Where No One Is Any More Than The Direct Experience Of Christ, Or Less
- aptitudeforemptine
- Mar 1, 2022
- 2 min read
There will always be contemplative Christians on mountains and on the shores of lakes and in the deserts and hidden away in the forests of the world. These are people of peace and of simplicity and of prayer and of love who think nothing of themselves and who may even use the wickedness of the world, turning these tables to benefit the poor at God’s behest. These men and women will welcome others because they value above all other things the experience of Christ having welcomed them.

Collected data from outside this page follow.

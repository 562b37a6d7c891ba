//! Whether Secure Boot was on, by the variable that says so.

ghost use Rattle.std.specs.Prelude.{◌≡◌, ◌↔◌, ℕ, List, Some, IsTrue, IfSome, option_map, [], ◌∷◌, IfNone};
ghost use Rattle.boot_log.specs.declared.header.DeclaredAlgorithm.{DeclaredAlgorithm};
ghost use Rattle.boot_log.specs.Names.{IsLog, LogEvent, log_bytes, log_event_of};
ghost use Rattle.boot_answers.specs.Variables.{IsNamed, global_guid};
ghost use Rattle.boot_answers.specs.SecureBoot.{IsBefore, IsSecureBoot, IsSecureBootVariable};
ghost use Rattle.boot_answers.specs.parts.SecureBoot.{Agrees, AllAgree, Ends, IsOf, IsToldIn};

use crate::register_events::{RegisterEvents, answering_bank, is_whole};
use boot_log::{Event, LogView};
use event_data::{Variable, read_variable};
use measured_data::{Pcr, is_answering};
use pcr_banks::Alg;

/// EFI_GLOBAL_VARIABLE, 8be4df61-93ca-11d2-aa0d-00e098032b8c.
const GLOBAL_GUID: [u8; 16] = [
    0x61, 0xDF, 0xE4, 0x8B, 0xCA, 0x93, 0xD2, 0x11, 0xAA, 0x0D, 0x00, 0xE0, 0x98, 0x03, 0x2B, 0x8C,
];

// Whether the variable is of EFI_GLOBAL_VARIABLE and has this name.
fn is_global(variable: &Variable<'_>, name: &[u8]) -> bool
    ensures { IsTrue result ↔ ((variable.now.guid.now ≡ global_guid) × (variable.now.name.now ≡ name.now)) }
{
    variable.guid == GLOBAL_GUID.as_slice() && variable.name == name
}

// The value of the variable that the bytes are, of EFI_GLOBAL_VARIABLE and this name, in units of two bytes; `None` where they are not it.
fn global_value<'a>(name: &[u8], bytes: &'a [u8]) -> Option<&'a [u8]>
    ensures found { IfSome result (λ value. IsNamed global_guid name.now bytes.now value.now) }
    ensures only { (value : List ℕ) → IsNamed global_guid name.now bytes.now value → option_map (λ found. found.now) result ≡ Some value }
{
    match read_variable(bytes) {
        Some(variable) => {
            if is_global(&variable, name) {
                Some(variable.value)
            } else {
                None
            }
        }
        None => None,
    }
}

/// The register of Secure Boot.
const POLICY_REGISTER: u32 = 7;

/// The size of a separator.
const SEPARATOR_SIZE: usize = 4;

/// Whether Secure Boot was on.
#[derive(Clone, Copy, Debug, PartialEq, Eq)]
pub enum SecureBoot {
    /// The firmware checked the signatures of what it loaded.
    On,
    /// It did not.
    Off,
    /// The log and the registers do not tell.
    Unknown,
}

// What a value of the variable says.
fn said_by(value: &[u8]) -> SecureBoot
    ensures { IsOf (λ byte. value.now ≡ byte ∷ []) result }
{
    match value {
        [1] => SecureBoot::On,
        [0] => SecureBoot::Off,
        _ => SecureBoot::Unknown,
    }
}

// The value of SecureBoot, where the bytes are this variable.
fn secure_boot_value(bytes: &[u8]) -> Option<&[u8]>
    ensures found { IfSome result (λ value. IsSecureBootVariable bytes.now value.now) }
    ensures only { (value : List ℕ) → IsSecureBootVariable bytes.now value → option_map (λ found. found.now) result ≡ Some value }
{
    global_value(b"S\0e\0c\0u\0r\0e\0B\0o\0o\0t\0", bytes)
}

// What the event tells; `None` where it may come before the one that tells.
fn told_by(event: &Event<'_>, alg: Alg) -> Option<SecureBoot>
    ensures before { IfNone result (IsBefore alg (log_event_of event.now)) }
    ensures ends { IfSome result (Ends alg (log_event_of event.now)) }
{
    if !is_whole(event, alg) || event.payload.len() == SEPARATOR_SIZE {
        return Some(SecureBoot::Unknown);
    }
    match secure_boot_value(event.payload) {
        Some(value) => Some(said_by(value)),
        None => None,
    }
}

// What the bank tells.
fn told_in(log: &LogView<'_>, alg: Alg) -> SecureBoot
    ensures { (table : List DeclaredAlgorithm) (events : List LogEvent) → IsLog (log_bytes log.now) table events → IsToldIn alg events result }
{
    let mut events = RegisterEvents::new(log, POLICY_REGISTER);
    while let Some(event) = events.next_event() {
        if let Some(answer) = told_by(&event, alg) {
            return answer;
        }
    }
    SecureBoot::Unknown
}

// Whether the answers are the same.
fn is_same(answer: SecureBoot, other: SecureBoot) -> bool
    ensures { IsTrue result ↔ (answer ≡ other) }
{
    answer == other
}

// Whether the bank gives this answer, if it answers.
fn agrees(log: &LogView<'_>, matched: &[Pcr], alg: Alg, answer: SecureBoot) -> bool
    ensures { (table : List DeclaredAlgorithm) (events : List LogEvent) → IsLog (log_bytes log.now) table events
        → (IsTrue result ↔ Agrees matched.now events answer alg) }
{
    if is_answering(matched, alg, POLICY_REGISTER) {
        is_same(told_in(log, alg), answer)
    } else {
        true
    }
}

// Whether each bank that answers gives this answer.
fn all_agree(log: &LogView<'_>, matched: &[Pcr], answer: SecureBoot) -> bool
    ensures { (table : List DeclaredAlgorithm) (events : List LogEvent) → IsLog (log_bytes log.now) table events
        → (IsTrue result ↔ AllAgree matched.now events answer) }
{
    for alg in Alg::ALL {
        if !agrees(log, matched, alg, answer) {
            return false;
        }
    }
    true
}

/// Whether Secure Boot was on, by the log and the registers in `matched`, those that match. In a bank other than SHA-1 whose register 7
/// matches, the first event of register 7 that is SecureBoot tells it, if all data before it was measured whole and is no separator; and
/// where its value is one byte, 1 or 0. No event's type counts, and nothing after it. Each such bank must tell it, and there must be one.
pub fn secure_boot(log: &LogView<'_>, matched: &[Pcr]) -> SecureBoot
    ensures { (table : List DeclaredAlgorithm) (events : List LogEvent) → IsLog (log_bytes log.now) table events → IsSecureBoot matched.now events result }
{
    let Some(alg) = answering_bank(matched, POLICY_REGISTER) else {
        return SecureBoot::Unknown;
    };
    let answer = told_in(log, alg);
    if all_agree(log, matched, answer) {
        answer
    } else {
        SecureBoot::Unknown
    }
}
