//! The binary form of the entry that a line seems to say. Nothing is promised of it: the caller checks it.

use crate::fault::Lack;
use crate::guessed_fields::{append_sized, ima_payload, other_fields, payload_of};
use crate::words::{split_first, two_wide};
use pcr_banks::{Alg, Digest};
use std::alloc::Global;

/// How many digits a template digest has.
const DIGEST_DIGITS: usize = 40;

/// The parts of a line: what is before the fields, and these.
#[derive(Clone, Copy)]
pub(crate) struct Head<'a> {
    /// The register.
    pub(crate) register: u32,
    /// The template digest.
    pub(crate) digest: [u8; 20],
    /// The template's name.
    pub(crate) name: &'a [u8],
    /// The fields, without the line feed.
    pub(crate) fields: &'a [u8],
}

/// The binary form of the entry that the line seems to say.
pub(crate) fn guess(alloc: Global, line: &[u8]) -> Result<Vec<u8>, Lack> {
    let head = head_of(line).ok_or(Lack::Form)?;
    let mut entry = Vec::new(alloc);
    entry.extend_from_slice(&head.register.to_le_bytes())?;
    entry.extend_from_slice(&head.digest)?;
    append_sized(head.name, &mut entry)?;
    append_payload(alloc, &head, &mut entry)?;
    Ok(entry)
}

// Appends the payload: of the template `ima` as it is, of any other after its length.
fn append_payload(alloc: Global, head: &Head<'_>, entry: &mut Vec<u8>) -> Result<(), Lack> {
    if head.name == "ima".as_bytes() {
        let payload = ima_payload(alloc, head.fields)?;
        entry.extend_from_slice(&payload)?;
        return Ok(());
    }
    let others = other_fields(head.name).ok_or(Lack::Template)?;
    let payload = payload_of(alloc, others, head.fields)?;
    append_sized(&payload, entry)
}

/// The parts that a line seems to have.
pub(crate) fn head_of(line: &[u8]) -> Option<Head<'_>> {
    let (last, line) = line.split_last()?;
    if *last != b'\n' {
        return None;
    }
    match line {
        [tens, ones, b' ', rest @ ..] => head_after(two_wide(*tens, *ones)?, rest),
        _ => None,
    }
}

// The parts that a line seems to have with this register and this after it.
fn head_after(register: u32, rest: &[u8]) -> Option<Head<'_>> {
    let (digits, rest) = rest.split_at_checked(DIGEST_DIGITS)?;
    let digest = template_digest(digits)?;
    let (space, rest) = rest.split_first()?;
    if *space != b' ' {
        return None;
    }
    let (name, fields) = split_first(rest, b' ')?;
    Some(Head {
        register,
        digest,
        name,
        fields,
    })
}

// The template digest with these digits.
fn template_digest(digits: &[u8]) -> Option<[u8; 20]> {
    match Digest::from_hex(Alg::Sha1, digits)? {
        Digest::Sha1(digest) => Some(digest),
        _ => None,
    }
}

This experience stands outside of all churchly structures. You do not have to be a member of any particular congregation in order to have been so touched; the one requirement is that you have to had to radically die to yourself. Their’s is a house of love, welcoming all people, and even loving those who would do them in. However, and here is a caution, neither can it escape recognizing the presence of Christ in the form of a spiritual father or mother. So while it stands outside of formal administration, this is the church...it is the kernel of the church, this acquiescing to authority. Indeed, spiritual authority is itself a charism, and one of the greatest, and you cannot get away from the fact that without living under a human, historically based spiritual authority, you do not know how to live under an eternal spiritual authority. It is categorically impossible to love God who you cannot see if you cannot love people whom you can see. Additionally, this solitude will also will be tied to the deeply hisorical understading of the sacraments, especially the actual presence of Christ in the Eucharist. Bound to priestly authority as found in historical Christianity, it eschews clericalism; the Rule of St. Benedict, for example, allows for no special ranking of clerics at any level, whose service-of-sacraments ranks simply alongside the honour due to manual labour, and from which they are not excluded.